▶ [The task]
Copy out the first line of the listing and every line after it, exactly, until you have copied the line containing "use common_types::Token;".

==============================

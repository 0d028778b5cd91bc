//! Packets of which all is kept in a journal, in a file that fails at some call.

ghost use Rattle.std.specs.Prelude.{◌≡◌, ◌<◌, false, IfOk, map, replicate};
ghost use Rattle.books_shared.specs.Begun.{AreNumbered};
ghost use Rattle.journal_shared.specs.Kept.{BeginsLog};
ghost use Rattle.line_log.specs.File.{Only};

use super::{FixedClock, Open, filled, start, two_setups};
use book_journal::LogWriter;
use book_log::{TenantStart, write_base};
use books_shared::{Books, Share, are_numbered};
use common_types::Token;
use floor_core::{Got, Slot};
use journal_shared::{Keeper, Limits, SharedJournal};
use line_log::{Log, LogFile, Memory};
use meters::Meters;
use one_list::{Opened, Run};
use std::alloc::Global;
use std::marker::Brand;
use std::sync::Wait;
use std::test::Fail;
use std::time::{Clock, Instant};
use tenant_core::Opening;
use test_texts::frame;
use workers::{Job, Keeping, Link, Outgoing, Reply, Tools, carry};

// How many bytes are left free for what is under way.
const RESERVE: u64 = 4_096;

// How many milliseconds a wait and a write may take: more than any here takes.
const LONGEST: u64 = 60_000;

// Room for what is under way, and as much for what is done.
const LARGE: usize = 8_192;

// No room for what may be under way.
const SMALL: usize = 4_095;

/// A link that counts what it is asked, and gives that answer.
#[derive(Drop)]
struct Counting<'a> {
    answer: &'a [u8],
    sends: u64,
}

impl Link for Counting<'_> {
    ghost sent = { λ link. link.sends };

    ghost sends_so = { λ before sending after. Unit {0} };

    fn sends(&self) -> u64 {
        self.sends
    }

    fn send(&mut self, _packet: Outgoing<'_>, out: &mut [u8]) -> Got {
        self.sends += 1;
        filled(out, self.answer)
    }
}

/// What becomes of alice's packets.
#[derive(Clone, Copy, Debug, PartialEq, Eq)]
struct Fate {
    first: Reply,
    second: Reply,
    // How many of them were sent on.
    sends: u64,
    // Whether there is room for one more.
    has_room: bool,
}

/// A file of so many bytes, of which so many calls succeed. Each wait is a write and a sync.
#[derive(Clone, Copy)]
struct Disk {
    title: &'static str,
    size: usize,
    calls: usize,
    fate: Fate,
}

const SETTLED: Reply = Reply::Settled(Got::Filled(35));

const UNTOLD: Reply = Reply::Untold(Got::Filled(35));

static DISKS: [Disk; 7] = [
    Disk {
        title: "no call fails",
        size: LARGE,
        calls: 8,
        fate: Fate {
            first: SETTLED,
            second: SETTLED,
            sends: 2,
            has_room: true,
        },
    },
    Disk {
        title: "the sync of the second packet's answer fails",
        size: LARGE,
        calls: 7,
        fate: Fate {
            first: SETTLED,
            second: UNTOLD,
            sends: 2,
            has_room: false,
        },
    },
    Disk {
        title: "the sync of an answer fails",
        size: LARGE,
        calls: 3,
        fate: Fate {
            first: UNTOLD,
            second: Reply::NoRoom,
            sends: 1,
            has_room: false,
        },
    },
    Disk {
        title: "the write of an answer fails",
        size: LARGE,
        calls: 2,
        fate: Fate {
            first: UNTOLD,
            second: Reply::NoRoom,
            sends: 1,
            has_room: false,
        },
    },
    Disk {
        title: "the sync of a verdict fails",
        size: LARGE,
        calls: 1,
        fate: Fate {
            first: Reply::Unkept,
            second: Reply::NoRoom,
            sends: 0,
            has_room: false,
        },
    },
    Disk {
        title: "each call fails",
        size: LARGE,
        calls: 0,
        fate: Fate {
            first: Reply::Unkept,
            second: Reply::NoRoom,
            sends: 0,
            has_room: false,
        },
    },
    Disk {
        title: "the log is full",
        size: SMALL,
        calls: 8,
        fate: Fate {
            first: Reply::NoRoom,
            second: Reply::NoRoom,
            sends: 0,
            has_room: false,
        },
    },
];

// The openings of acme's first period and of beta's.
fn two_openings(alloc: Global) -> Result<[Opening; 2], Fail> {
    let setups = two_setups(alloc, "64")?;
    let acme = Opening::first(alloc, 0, &setups[0], start()?)?;
    let beta = Opening::first(alloc, 1, &setups[1], start()?)?;
    Ok([acme, beta])
}

// What these tenants begin with.
fn two_starts(alloc: Global, openings: &[Opening; 2]) -> Result<[TenantStart; 2], Fail>
    ensures { IfOk result (λ starts. map (λ s. s.opening) starts ≡ openings.now) }
{
    let [acme, beta] = openings;
    Ok([
        TenantStart {
            opening: acme.copy(alloc)?,
            admin: Token::new(b"root-acme").ok_or("a token")?,
        },
        TenantStart {
            opening: beta.copy(alloc)?,
            admin: Token::new(b"root-beta").ok_or("a token")?,
        },
    ])
}

// What writes the log of these tenants into a file of that many zeros.
fn writer_in<D: LogFile + Drop>(
    alloc: Global,
    openings: &[Opening; 2],
    file: D,
    size: usize,
) -> Result<LogWriter<D>, Fail>
    requires sound { D.has_failed file ≡ false }
    requires zeros { D.seen file ≡ replicate size 0 }
    requires on_disk { Only (D.seen file) (D.may_leave file) }
    requires some { 0 < size }
    ensures { IfOk result (BeginsLog D.seen D.may_leave openings.now) }
{
    let starts = two_starts(alloc, openings)?;
    let (_, sum) = write_base(alloc, &starts)?;
    Ok(LogWriter::new(Log::blank(file, size), sum))
}

// What becomes of two packets of alice's, one after the other, whose records are kept in such a file.
fn fate_on<J: Run, R: Wait + Clock + AllocGlobal>(
    rt: &R,
    opened: Opened,
    openings: &[Opening; 2],
    disk: &Disk,
) -> Result<Fate, Fail>
    requires list { (opened.table ≡ J.table) × (opened.size ≡ J.size) }
    requires size { J.size ≡ record { tenants = 2; workers = 1 } }
    requires openings { J.openings ≡ openings.now }
    requires numbers { AreNumbered openings.now }
{
    let alloc = rt.alloc();
    if disk.size == 0 {
        return Err("a file".into());
    }
    let Ok((books, mut shares)) = Books::<J>::begun(alloc, opened, openings, 1, false) else {
        return Err("books".into());
    };
    let mut share = shares.pop().ok_or("a share")?;
    let file = Memory::new(alloc, vec![in alloc; 0; disk.size]?, disk.calls);
    let writer = writer_in(alloc, openings, file, disk.size)?;
    let limits = Limits {
        begun: Instant::now(rt)?,
        reserve: RESERVE,
        longest_wait: LONGEST,
        longest_write: LONGEST,
    };
    let journal = Some(SharedJournal::<Memory, J>::new(alloc, writer, openings, &books, limits)?);
    let keeper = Keeper {
        handle: rt,
        books: &books,
        journal: &journal,
    };
    two_packets(rt, &books, &keeper, &mut share)
}

// What becomes of two packets of alice's, whose records are kept so.
fn two_packets<J: Run, R: Wait + AllocGlobal, K: Keeping<J>>(
    rt: &R,
    books: &Books<J>,
    keeper: &K,
    share: &mut Share<J>,
) -> Result<Fate, Fail>
    requires { 0 < books.now.tenants }
{
    let alloc = rt.alloc();
    let (bytes, answer) = (frame(alloc, "{base}")?, frame(alloc, "{fulfill}")?);
    let mut link = Counting {
        answer: answer.as_slice(),
        sends: 0,
    };
    let (meters, mut seat) = Meters::new(alloc, 2)?;
    let mut slot = Slot::new(alloc)?;
    let clock = FixedClock(start()?);
    let tools = Tools {
        rt,
        alloc,
        books,
        meters: &meters,
        clock: &clock,
        keeping: keeper,
    };
    let job = Job {
        tenant: 0,
        token: b"tok-alice",
        frame: bytes.as_slice(),
    };
    let first = carry(&tools, &mut seat, &mut slot, share, &mut link, &Open, job);
    let second = carry(&tools, &mut seat, &mut slot, share, &mut link, &Open, job);
    Ok(Fate {
        first,
        second,
        sends: link.sends,
        has_room: keeper.has_room(0),
    })
}

// The same, of books that have just begun.
fn fate_of<R: Wait + Clock + AllocGlobal>(
    rt: &R,
    openings: &[Opening; 2],
    disk: &Disk,
) -> Result<Fate, Fail> {
    if !are_numbered(openings) {
        return Err("openings in the order of their tenants".into());
    }
    let opened = Opened::new(rt.alloc(), 2, 1)?;
    fate_on::<Brand, R>(rt, opened, openings, disk)
}

#[test]
fn nothing_leaves_once_a_disk_has_failed(rt: HostRuntime) -> Result<(), Fail> {
    let openings = two_openings(rt.alloc())?;
    for disk in &DISKS {
        let fate = fate_of(&rt, &openings, disk)?;
        let title = disk.title;
        assert_eq!(rt; fate, disk.fate, "{title}");
    }
    Ok(())
}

==============================

▶ [Answer section]
repository 0d028778b5cd91bc
//! Packets of which all is kept in a journal, in a file that fails at some call.

ghost use Rattle.std.specs.Prelude.{◌≡◌, ◌<◌, false, IfOk, map, replicate};
ghost use Rattle.books_shared.specs.Begun.{AreNumbered};
ghost use Rattle.journal_shared.specs.Kept.{BeginsLog};
ghost use Rattle.line_log.specs.File.{Only};

use super::{FixedClock, Open, filled, start, two_setups};
use book_journal::LogWriter;
use book_log::{TenantStart, write_base};
use books_shared::{Books, Share, are_numbered};
use common_types::Token;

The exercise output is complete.